[[ Material provided, beginning ]]
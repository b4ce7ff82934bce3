// The check of a parameter file: its bytes in order, to the first fault.
ghost use Rattle.std.specs.Prelude.{◌≡◌, ◌+◌, ◌<◌, ◌≤◌, ◌∷◌, [], length, IfOk, Ok, Err, MatchResult, OnOk, ◌≢◌};
ghost use Rattle.orc.specs.Files.{File, file_bytes, WellFormed};
ghost use Rattle.formats.specs.Operands.{byte_at, reaches_to};
ghost use Rattle.formats.specs.Widths.{width_of};
ghost use Rattle.files.specs.Judgement.{in_range, parameter_rules, site_call_rules, definition_call_rules, binder_rules, definition_end, definition_rules, RestOutcome, count_rules, FileOutcome};
ghost use Rattle.files.specs.Contents.{file_of};
ghost use Rattle.files.specs.Progress.{ByRules, CommandJudged, FormJudged, WholeJudged, DefinitionJudged, EndsIn};
ghost use Rattle.files.specs.Scopes.{bits};

use crate::scope::Scope;
use crate::small::Small;
use formats::fault::{Fault, LONGEST};
use formats::operands::read;
use formats::widths::width;
use forms::command::Command;
use forms::mark::Mark;
use hosts::host::Host;

// How many definitions it may have.
const MOST_DEFINITIONS: u8 = 16;

// What forms are judged with: the host, how many definitions the file has, and the bytes up to their end.
#[derive(Drop)]
struct Judge<'a, H> {
    host: &'a H,
    count: u8,
    bytes: &'a [u8],
    ghost short: { length bytes.now ≤ 4096 },
}

// The variable or the site at an offset.
fn read_small(bytes: &[u8], at: usize) -> Result<Small, Fault>
    ensures rules { ByRules (reaches_to bytes.now (at + 1) ∷ in_range (byte_at bytes.now at) at ∷ []) result }
    ensures number { IfOk result (λ x. x.number ≡ byte_at bytes.now at) }
{
    let number = read::<u8>(bytes, at)?;
    Small::new(u16::from(number)).ok_or(Fault::OperandBeyondRange(at))
}

// The variable that the command at an offset binds.
// Kept: that offsets are small, here and below, so that no sum with one overflows. A place, as the sheet's reader has one, would
// be made anew for each parameter and each body, and would carry the judge and what is bound.
fn read_binder(bytes: &[u8], at: usize) -> Result<Small, Fault>
    requires { at ≤ 4096 }
    ensures rules { ByRules (binder_rules bytes.now at) result }
    ensures number { IfOk result (λ x. x.number ≡ byte_at bytes.now (at + 1)) }
{
    read_small(bytes, at + 1)
}

// The formal variable of the definition at an offset, and the definition's end.
fn read_definition_head(file: &[u8], at: usize) -> Result<(Small, usize), Fault>
    requires { at ≤ 4096 }
    ensures rules { ByRules (definition_rules file.now at) result }
    ensures head { IfOk result
        (λ h. (h.0.number ≡ byte_at file.now at) × (h.1 ≡ definition_end file.now at) × (h.1 ≤ length file.now) × (at + 3 ≤ h.1)) }
{
    let formal = read_small(file, at)?;
    let length = read::<u16>(file, at + 1)?;
    let end = at + 3 + usize::from(length);
    if end > file.len() {
        return Err(Fault::CutShort(file.len()));
    }
    Ok((formal, end))
}

// The count of definitions, a file's first byte.
fn read_count(file: &[u8]) -> Result<u8, Fault>
    ensures rules { ByRules (count_rules file.now) result }
    ensures count { IfOk result (λ n. (n ≡ byte_at file.now 0) × (1 ≤ length file.now)) }
{
    let count = read::<u8>(file, 0)?;
    if count > MOST_DEFINITIONS {
        return Err(Fault::OperandBeyondRange(0));
    }
    Ok(count)
}

impl<'a, H: Host> Judge<'a, H> {
    // The parameter at an offset: a value, or a variable that is bound.
    fn parameter(&self, scope: Scope, at: usize) -> Result<(), Fault>
        requires { at ≤ 8192 }
        ensures { ByRules (parameter_rules self.now.bytes.now (bits scope.bound) at) result }
    {
        let mark = read::<u8>(self.bytes, at)?;
        let mark = Mark::try_from(mark).map_err(|_| Fault::OperandBeyondRange(at))?;
        let number = read::<u16>(self.bytes, at + 1)?;
        if mark == Mark::Value {
            return Ok(());
        }
        let variable = Small::new(number).ok_or(Fault::OperandBeyondRange(at + 1))?;
        if !scope.holds(variable) {
            return Err(Fault::FreeVariable(at + 1));
        }
        Ok(())
    }

    // The operands of the site call at an offset.
    fn site_call(&self, scope: Scope, at: usize) -> Result<(), Fault>
        requires { at ≤ 4096 }
        ensures { ByRules (site_call_rules (H.Host.meaning self.now.host.now) self.now.bytes.now (bits scope.bound) at) result }
    {
        let site = read_small(self.bytes, at + 1)?;
        if !self.host.knows(site.number) {
            return Err(Fault::SiteUnknown(at + 1));
        }
        self.parameter(scope, at + 2)
    }

    // The operands of the definition call at an offset.
    fn definition_call(&self, scope: Scope, at: usize) -> Result<(), Fault>
        requires { at ≤ 4096 }
        ensures { ByRules (definition_call_rules self.now.count self.now.bytes.now (bits scope.bound) at) result }
    {
        let number = read::<u8>(self.bytes, at + 1)?;
        if number >= self.count {
            return Err(Fault::NoSuchDefinition(at + 1));
        }
        self.parameter(scope, at + 2)
    }

    // The command at an offset with its operands. For one with two parts, the variables that are bound in each.
    fn command(&self, scope: Scope, at: usize) -> Result<Option<(Scope, Scope)>, Fault>
        ensures wide { OnOk result
            ((at < length self.now.bytes.now) × (0 < width_of (byte_at self.now.bytes.now at))) }
        ensures judged { CommandJudged (H.Host.meaning self.now.host.now) self.now.count self.now.bytes.now (bits scope.bound) at result }
    {
        let byte = read::<u8>(self.bytes, at)?;
        let command = Command::try_from(byte).map_err(|_| Fault::UnknownCommand(at))?;
        match command {
            Command::Stop => Ok(None),
            Command::SiteCall => {
                self.site_call(scope, at)?;
                Ok(None)
            }
            Command::DefinitionCall => {
                self.definition_call(scope, at)?;
                Ok(None)
            }
            Command::Parallel => Ok(Some((scope, scope))),
            Command::Sequential => {
                let variable = read_binder(self.bytes, at)?;
                Ok(Some((scope, scope.with(variable))))
            }
            Command::Pruning => {
                let variable = read_binder(self.bytes, at)?;
                Ok(Some((scope.with(variable), scope)))
            }
            Command::Pending => Err(Fault::UnknownCommand(at)),
        }
    }

    // The form at an offset, and the offset behind it.
    fn form(&self, scope: Scope, at: usize) -> Result<usize, Fault>
        ensures behind { IfOk result (λ end. at < end) }
        ensures outcome { FormJudged (H.Host.meaning self.now.host.now) self.now.count self.now.bytes.now (bits scope.bound) at result }
    {
        let parts = self.command(scope, at)?;
        let behind = at + width(self.bytes[at]);
        let Some((left, right)) = parts else {
            return Ok(behind);
        };
        let middle = self.form(left, behind)?;
        self.form(right, middle)
    }

    // The form at an offset, which is to end where the bytes end.
    fn whole(&self, scope: Scope, at: usize) -> Result<(), Fault>
        ensures { WholeJudged (H.Host.meaning self.now.host.now) self.now.count self.now.bytes.now (bits scope.bound) at result }
    {
        let end = self.form(scope, at)?;
        if end < self.bytes.len() {
            return Err(Fault::TrailingBytes(end));
        }
        Ok(())
    }

    // The definition at an offset, and the offset behind it. Its form is judged up to the definition's own end.
    fn definition(&self, at: usize) -> Result<usize, Fault>
        requires { at ≤ length self.now.bytes.now }
        ensures end { IfOk result
            (λ end. (end ≡ definition_end self.now.bytes.now at) × (end ≤ length self.now.bytes.now)) }
        ensures outcome { DefinitionJudged (H.Host.meaning self.now.host.now) self.now.count self.now.bytes.now at result }
    {
        let (formal, end) = read_definition_head(self.bytes, at)?;
        let body = Judge {
            host: self.host,
            count: self.count,
            bytes: &self.bytes[..end],
        };
        body.whole(Scope::empty().with(formal), at + 3)?;
        Ok(end)
    }

    // All definitions, and the offset behind them.
    fn definitions(&self) -> Result<usize, Fault>
        requires { 1 ≤ length self.now.bytes.now }
        ensures { MatchResult result
            (λ at. EndsIn (H.Host.meaning self.now.host.now) self.now.count self.now.bytes.now 0 at)
            (λ f. RestOutcome (H.Host.meaning self.now.host.now) self.now.count self.now.bytes.now self.now.count 1 (Err f)) }
    {
        (0..self.count).try_fold(1, |at, _| self.definition(at))
    }
}

// Judges a file with a host: accepted, which is so exactly if the bytes are the encoding of a file that is well-formed over
// what the host's sites can reply, or else its first fault.
pub fn check_file<H: Host>(host: &H, file: &[u8]) -> Result<(), Fault>
    ensures outcome { MatchResult result
        (λ _. FileOutcome (H.Host.meaning host.now) file.now (Ok (file_of file.now)))
        (λ f. FileOutcome (H.Host.meaning host.now) file.now (Err f)) }
    ensures encoded { MatchResult result
        (λ _. WellFormed (H.Host.meaning host.now) (file_of file.now) × (file.now ≡ file_bytes (file_of file.now)))
        (λ _. (x : File) → WellFormed (H.Host.meaning host.now) x → file.now ≢ file_bytes x) }
{
    if file.len() > LONGEST {
        return Err(Fault::TooLong);
    }
    let judge = Judge {
        host,
        count: read_count(file)?,
        bytes: file,
    };
    let at = judge.definitions()?;
    judge.whole(Scope::empty(), at)
}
[[ Material provided, end ]]
Exercise directions
From the records above, copy each line that contains the word "FileOutcome".

Response below
ghost use Rattle.files.specs.Judgement.{in_range, parameter_rules, site_call_rules, definition_call_rules, binder_rules, definition_end, definition_rules, RestOutcome, count_rules, FileOutcome};
        (λ _. FileOutcome (H.Host.meaning host.now) file.now (Ok (file_of file.now)))
        (λ f. FileOutcome (H.Host.meaning host.now) file.now (Err f)) }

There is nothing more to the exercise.